Tracing and taping are closely related but have different emphasis.

| Term | Emphasis |
|---|---|
| Tape | Runtime record used mainly for reverse-mode replay |
| Trace | Captured program representation used for transformation or compilation |
| Graph | Data dependency structure |
| IR | Compiler representation with formal semantics |

A tape may be ephemeral and consumed by one backward pass. A trace may be persistent, optimized, cached, and compiled.

In practice, the boundary is fluid. Many systems use a tape as a dynamic graph IR.

### Failure Modes

Tracing systems have characteristic failure modes.

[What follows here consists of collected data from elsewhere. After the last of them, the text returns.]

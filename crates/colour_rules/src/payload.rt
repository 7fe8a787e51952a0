//! What the nodes of the colouring tell one another, and its text.

ghost use Rattle.std.specs.Prelude.{◌≡◌};
ghost use Rattle.colour_rules.specs.declared.payload.Payload.TheVariants.{Chosen, Colour, Hello, Label};

use crate::numbers::{Long, Short};
use node_api::PayloadText;

/// What the nodes of the colouring tell one another. Its words are `hello`, `label`, `colour` and
/// `chosen`.
#[derive(Debug, Clone, Copy, PartialEq, Eq)]
pub enum Payload {
    /// The sender's identifier.
    Hello(Long),
    /// The receiver is the sender's parent in this forest.
    Label(Short),
    /// The sender's colour in the forest in which it is the receiver's parent.
    Colour(Long),
    /// The colour that the sender chose in the merge.
    Chosen(Short),
}

impl Payload {
    /// `Hello` of an identifier.
    pub fn hello(id: u128) -> Payload
        ensures { result ≡ Hello id }
    {
        Payload::Hello(Long::new(id))
    }

    /// `Label` of a forest.
    pub fn label(forest: u16) -> Payload
        ensures { result ≡ Label forest }
    {
        Payload::Label(Short::new(forest))
    }

    /// `Colour` of a colour in a forest.
    pub fn colour(colour: u128) -> Payload
        ensures { result ≡ Colour colour }
    {
        Payload::Colour(Long::new(colour))
    }

    /// `Chosen` of a colour.
    pub fn chosen(colour: u16) -> Payload
        ensures { result ≡ Chosen colour }
    {
        Payload::Chosen(Short::new(colour))
    }
}

impl PayloadText for Payload {
    ghost use Rattle.colour_rules.specs.Words.{IsPayload, word_in, number_in, payload_from};
    ghost use Rattle.colour_rules.specs.WordsLaws.{words_are_letters, words_read_back};

    ghost is_payload = { IsPayload };

    ghost word_of = { word_in };

    ghost number_of = { number_in };

    ghost payload_of = { payload_from };

    ghost letters = { words_are_letters };

    ghost reads_back = { words_read_back };

    fn words(self) -> (&'static str, u128) {
        match self {
            Payload::Hello(id) => ("hello", id.get()),
            Payload::Label(forest) => ("label", u128::from(forest.get())),
            Payload::Colour(colour) => ("colour", colour.get()),
            Payload::Chosen(colour) => ("chosen", u128::from(colour.get())),
        }
    }

    fn from_words(word: &str, number: u128) -> Option<Self> {
        let is_short = number <= u128::from(u16::MAX);
        if word == "hello" {
            Some(Payload::hello(number))
        } else if word == "label" && is_short {
            Some(Payload::label(number as u16))
        } else if word == "colour" {
            Some(Payload::colour(number))
        } else if word == "chosen" && is_short {
            Some(Payload::chosen(number as u16))
        } else {
            None
        }
    }

    #[inline(always)]
    fn by_words(self) -> Self {
        match self {
            Payload::Hello(id) => Payload::Hello(id.by_words()),
            Payload::Label(forest) => Payload::Label(forest.by_words()),
            Payload::Colour(colour) => Payload::Colour(colour.by_words()),
            Payload::Chosen(colour) => Payload::Chosen(colour.by_words()),
        }
    }
}
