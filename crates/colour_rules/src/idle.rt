//! The pulses of the merging in which a node does nothing by itself, and only takes in what comes.
ghost use Rattle.std.specs.Prelude.{◌≡◌, ◌<◌, ◌≤◌, ◌↔◌, ℕ, IsTrue, false};
ghost use Rattle.colour_rules.specs.Choice.{chooses};
ghost use Rattle.colour_rules.specs.Idle.{IsWaiting, no_pulses};
ghost use Rattle.colour_rules.specs.Node.{phase_of, steps};

use crate::node::ColourNode;
use crate::phase::Phase;

/// Pulses in which a node does nothing if nothing comes: those from `from` on and before `to`, in the merging
/// of the forest `forest`.
#[derive(Debug, Clone, Copy, PartialEq, Eq)]
pub struct IdlePulses {
    pub from: u32,
    pub to: u32,
    pub forest: u16,
}

impl IdlePulses {
    /// No pulse.
    pub fn none() -> Self
        ensures { result ≡ no_pulses }
    {
        Self {
            from: 0,
            to: 0,
            forest: 0,
        }
    }

    /// Whether a pulse is among them.
    pub fn contains(self, pulse: u32) -> bool
        ensures { IsTrue result ↔ ((self.from ≤ pulse) × (pulse < self.to)) }
    {
        self.from <= pulse && pulse < self.to
    }
}

impl ColourNode {
    // The pulses right after one of the merging in which the node has nothing to do unless something
    // comes: up to its turn in the forest, or after it up to the next forest. None at other pulses.
    pub(crate) fn idle_after(&self, pulse: u32, phase: Phase) -> IdlePulses
        requires { phase ≡ phase_of self.now.sizes pulse }
        ensures { IsWaiting self.now result }
    {
        match phase {
            Phase::Merge(forest, step) => {
                let end = self.next_due(forest, step);
                IdlePulses {
                    from: pulse.saturating_add(1),
                    to: pulse.saturating_add(end - step),
                    forest,
                }
            }
            _ => IdlePulses::none(),
        }
    }

    // The step of a forest at which the node next has something to do: its turn, or the end.
    fn next_due(&self, forest: u16, step: u32) -> u32
        requires forest { forest < self.now.sizes.forests }
        requires step { step < steps self.now.sizes }
        ensures later { step < result }
        ensures within { result ≤ steps self.now.sizes }
        ensures idle { (s : ℕ) → step < s → s < result → chooses self.now forest s ≡ false }
    {
        let three = self.colours.own(self.id, forest);
        let width = u32::from(self.span()) + 1;
        if three <= 2 {
            let turn = three as u32 * width + u32::from(self.colour_before);
            if step < turn {
                return turn;
            }
        }
        self.steps()
    }
}
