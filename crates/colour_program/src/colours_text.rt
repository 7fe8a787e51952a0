//! The colouring's texts: the first line of its rounds, its phases, colours and choices, and the channel of a node.

ghost use Rattle.std.specs.Prelude.{◌≡◌, ◌<◌, ◌++◌, IfOk};
ghost use Rattle.colour_rules.specs.Node.{IsPhase};
ghost use Rattle.colour_program.specs.ColoursText.{choice_text, colour_text, colours_text, node_text, phase_text};
ghost use Rattle.colour_program.specs.ColoursText.{reduction_text};

use crate::colouring::Colouring;
use colour_rules::{ColourNode, Phase, Reduction, Schedule};
use interference::Network;
use node_api::NodeProgram;
use number_rows::{push_numbered, push_row};
use program_texts::ProgramText;
use std::alloc::AllocError;

fn push_reduction(text: &mut Vec<u8>, reduction: Reduction) -> Result<(), AllocError>
    ensures { IfOk result (λ _. text.new.items ≡ text.old.items ++ reduction_text reduction) }
{
    match reduction {
        Reduction::Step(_) => text.extend_from_slice(b" step"),
        Reduction::Shift(_) => text.extend_from_slice(b" shift"),
        Reduction::Drop(_) => text.extend_from_slice(b" drop"),
    }
}

// Appends the words of a phase, a space before each.
fn push_words(text: &mut Vec<u8>, schedule: &Schedule, phase: Phase) -> Result<(), AllocError>
    ensures { IfOk result (λ _. text.new.items ≡ text.old.items ++ phase_text schedule.now phase) }
{
    match phase {
        Phase::Greet => text.extend_from_slice(b" greet"),
        Phase::Orient => text.extend_from_slice(b" orient"),
        Phase::Seed => text.extend_from_slice(b" seed"),
        Phase::Work(reduction) => push_reduction(text, reduction),
        Phase::Merge(forest, step) => {
            let (three, old) = schedule.pair(step);
            push_numbered(text, b" merge ", u128::from(forest))?;
            push_numbered(text, b" ", u128::from(three))?;
            push_numbered(text, b" ", u128::from(old))
        }
        Phase::Halted => text.extend_from_slice(b" halted"),
    }
}

fn push_colour(text: &mut Vec<u8>, v: u32, node: &ColourNode, forest: u16) -> Result<(), AllocError>
    requires forest { forest < node.now.sizes.forests }
    ensures { IfOk result (λ _. text.new.items ≡ text.old.items ++ colour_text v node.now forest) }
{
    push_numbered(text, b"", u128::from(v))?;
    push_numbered(text, b" colour ", u128::from(forest))?;
    push_numbered(text, b" ", node.forest_colour(forest))?;
    text.push(b'\n')?;
    Ok(())
}

fn push_colours(text: &mut Vec<u8>, v: u32, node: &ColourNode) -> Result<(), AllocError>
    ensures { IfOk result (λ _. text.new.items ≡ text.old.items ++ colours_text v node.now) }
{
    for forest in 0..node.forests() {
        push_colour(text, v, node, forest)?;
    }
    Ok(())
}

fn push_choice(text: &mut Vec<u8>, v: u32, node: &ColourNode) -> Result<(), AllocError>
    ensures { IfOk result (λ _. text.new.items ≡ text.old.items ++ choice_text v node.now) }
{
    push_numbered(text, b"", u128::from(v))?;
    push_numbered(text, b" chose ", u128::from(node.colour()))?;
    text.push(b'\n')?;
    Ok(())
}

// Appends what is said of a node after a pulse of this phase.
fn push_node(text: &mut Vec<u8>, phase: Phase, v: u32, node: &ColourNode) -> Result<(), AllocError>
    requires real { IsPhase node.now.sizes phase }
    ensures { IfOk result (λ _. text.new.items ≡ text.old.items ++ node_text phase v node.now) }
{
    match phase {
        Phase::Seed | Phase::Work(_) => push_colours(text, v, node),
        Phase::Merge(forest, step) if node.chose_at(forest, step) => push_choice(text, v, node),
        _ => Ok(()),
    }
}

impl ProgramText for Colouring {
    ghost use Rattle.colour_program.specs.ColoursText.{colouring_texts};
    ghost use Rattle.colour_program.specs.ColoursTextLaws.{colouring_lined};

    ghost texts = { colouring_texts };

    ghost lined = { colouring_lined };

    fn rounds_solve() {}

    fn name() -> &'static str {
        "colouring"
    }

    fn is_named() -> bool {
        false
    }

    // The edition is 2 where a vertex has a bar, for the merging then goes by Δ and the bars.
    fn push_head(text: &mut Vec<u8>, net: &Network) -> Result<(), AllocError> {
        text.extend_from_slice(b"rounds ")?;
        let nodes = u64::from(net.nodes());
        let degree = u64::from(net.greatest_degree());
        let bars = u64::from(net.greatest_bars());
        let forests = u64::from(net.forest_count());
        let last = u64::from(Colouring::last_pulse(net));
        if bars == 0 {
            push_row(text, &[1, nodes, degree, forests, last])
        } else {
            push_row(text, &[2, nodes, degree, bars, forests, last])
        }
    }

    fn push_phase(text: &mut Vec<u8>, net: &Network, pulse: u32) -> Result<(), AllocError> {
        let schedule = Schedule::of(net);
        push_words(text, &schedule, schedule.phase(pulse))
    }

    fn push_lines(
        &self,
        text: &mut Vec<u8>,
        _net: &Network,
        pulse: u32,
        v: u32,
    ) -> Result<(), AllocError> {
        let node = self.node();
        push_node(text, node.phase(pulse), v, node)
    }

    fn push_result(&self, text: &mut Vec<u8>, _net: &Network, _v: u32) -> Result<(), AllocError> {
        push_numbered(text, b" channel ", u128::from(self.colour()) + 1)
    }
}
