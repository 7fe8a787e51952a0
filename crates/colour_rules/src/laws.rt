//! What the rounds keep at every node, whatever comes to it.
ghost use Rattle.node_api.specs.Laws.{KeepsPorts};
ghost use Rattle.colour_rules.specs.Program.{colouring};

/// A node keeps its ports, and its outbox has a slot for each.
pub fn ports_are_kept()
    ensures { KeepsPorts colouring }
{}
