//! The colours of a node in the forests, from its identifier to the three that are merged.
ghost use Rattle.std.specs.Prelude.{◌≡◌, ◌<◌, ℕ, IfOk, length, replicate, slice_index};
ghost use Rattle.std.specs.List.{list_any};
ghost use Rattle.colour_rules.specs.InForests.{before_in, colour_by, colours_in};
ghost use Rattle.colour_rules.specs.Table.{is_above};

use crate::phase::Reduction;
use crate::ports::is_above;
use cole_vishkin::Identifier;
use interference::Memory;
use std::alloc::Global;

// What a node writes down of its colour in a forest: the colour after a bit step, and that before the last shift.
#[derive(Debug, Clone, Copy, PartialEq, Eq)]
pub(crate) struct InForest {
    pub(crate) colour: u8,
    pub(crate) before: u8,
}

// The colour in each forest. Only `make` takes memory.
#[derive(Drop)]
pub(crate) struct InForests {
    // By forest.
    pub(crate) each: Vec<InForest>,
    // Whether the colour is the node's identifier in every forest, which isn't written down for each.
    pub(crate) is_seeded: bool,
}

impl InForest {
    // The colour, which is the identifier where the forests are seeded.
    pub(crate) fn own(self, id: Identifier, is_seeded: bool) -> Identifier
        ensures { result ≡ colour_by id is_seeded self }
    {
        if is_seeded {
            id
        } else {
            Identifier::from(self.colour)
        }
    }
}

impl InForests {
    // The colour 0 in each forest.
    pub(crate) fn make(alloc: Global, forests: u16) -> Result<InForests, Memory>
        ensures colours { (id : ℕ) → IfOk result (λ all. colours_in id all ≡ replicate forests 0) }
        ensures before { IfOk result (λ all. before_in all ≡ replicate forests 0) }
    {
        let none = InForest {
            colour: 0,
            before: 0,
        };
        let each = vec![in alloc; none; forests as usize]?;
        Ok(InForests {
            each,
            is_seeded: false,
        })
    }

    // The colour in a forest.
    pub(crate) fn own(&self, id: Identifier, forest: u16) -> Identifier
        requires { forest < length (before_in self.now) }
        ensures { result ≡ slice_index (colours_in id self.now) forest }
    {
        self.each[forest as usize].own(id, self.is_seeded)
    }

    // Makes the identifier the colour in each forest.
    pub(crate) fn seed(&mut self)
        ensures colours { (id : ℕ) → colours_in id self.new ≡ replicate (length (before_in self.old)) id }
        ensures before { before_in self.new ≡ before_in self.old }
    {
        self.is_seeded = true;
    }

    // Whether a colour is too high.
    pub(crate) fn has_above(&self, id: Identifier, reduction: Reduction) -> bool
        ensures { result ≡ list_any (is_above reduction) (colours_in id self.now) }
    {
        for forest in 0..self.each.len() {
            if is_above(reduction, self.each[forest].own(id, self.is_seeded)) {
                return true;
            }
        }
        false
    }
}
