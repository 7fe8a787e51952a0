//! What lies in the deques.

/// A task: a thing with a number.
pub trait Task: Drop {
    ghost use Rattle.std.specs.Prelude.{ℕ, ◌≡◌};

    ghost number_of: { Self → ℕ };

    fn number(&self) -> usize
        ensures number { result ≡ number_of self.now };
}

A value may be needed by the host language as a concrete value, but during tracing it is symbolic.

Example:

```python
def f(x):
    return range(int(x))
```

If `x` is traced, `int(x)` cannot be computed at trace time unless `x` is static.

Another failure mode is accidental specialization. A branch, loop bound, or data structure size may be fixed by the tracing example, producing a trace that works only for that case.

A third failure mode is hidden side effects. A mutation performed during tracing may not occur during later executions of the compiled trace.

These failures are not incidental. They follow from the two-stage nature of tracing.

### Design Criteria

A tracing system for AD should specify:

```text
Which operations are traceable?
Which values are static?
Which values are symbolic?
Which host-language effects are allowed?
How are control flow and loops represented?
What causes retracing?
How are traces cached?
How are nested traces separated?
How are custom primitives registered?
How are errors reported when symbolic values escape?
```

Clear answers are essential. Without them, users face behavior that appears arbitrary.

### Summary

Tracing records an execution of a program into a graph, tape, or IR.

It gives AD systems a practical path between dynamic host-language programming and compiler-based optimization. The user writes ordinary code, while the system captures numerical operations for differentiation and compilation.

Tracing works best when numerical computation is pure, effects are explicit, shapes are understood, and control flow is represented at the trace level when it depends on symbolic values. Its main tradeoff is specialization: a trace represents a class of executions, not necessarily every possible execution of the original program.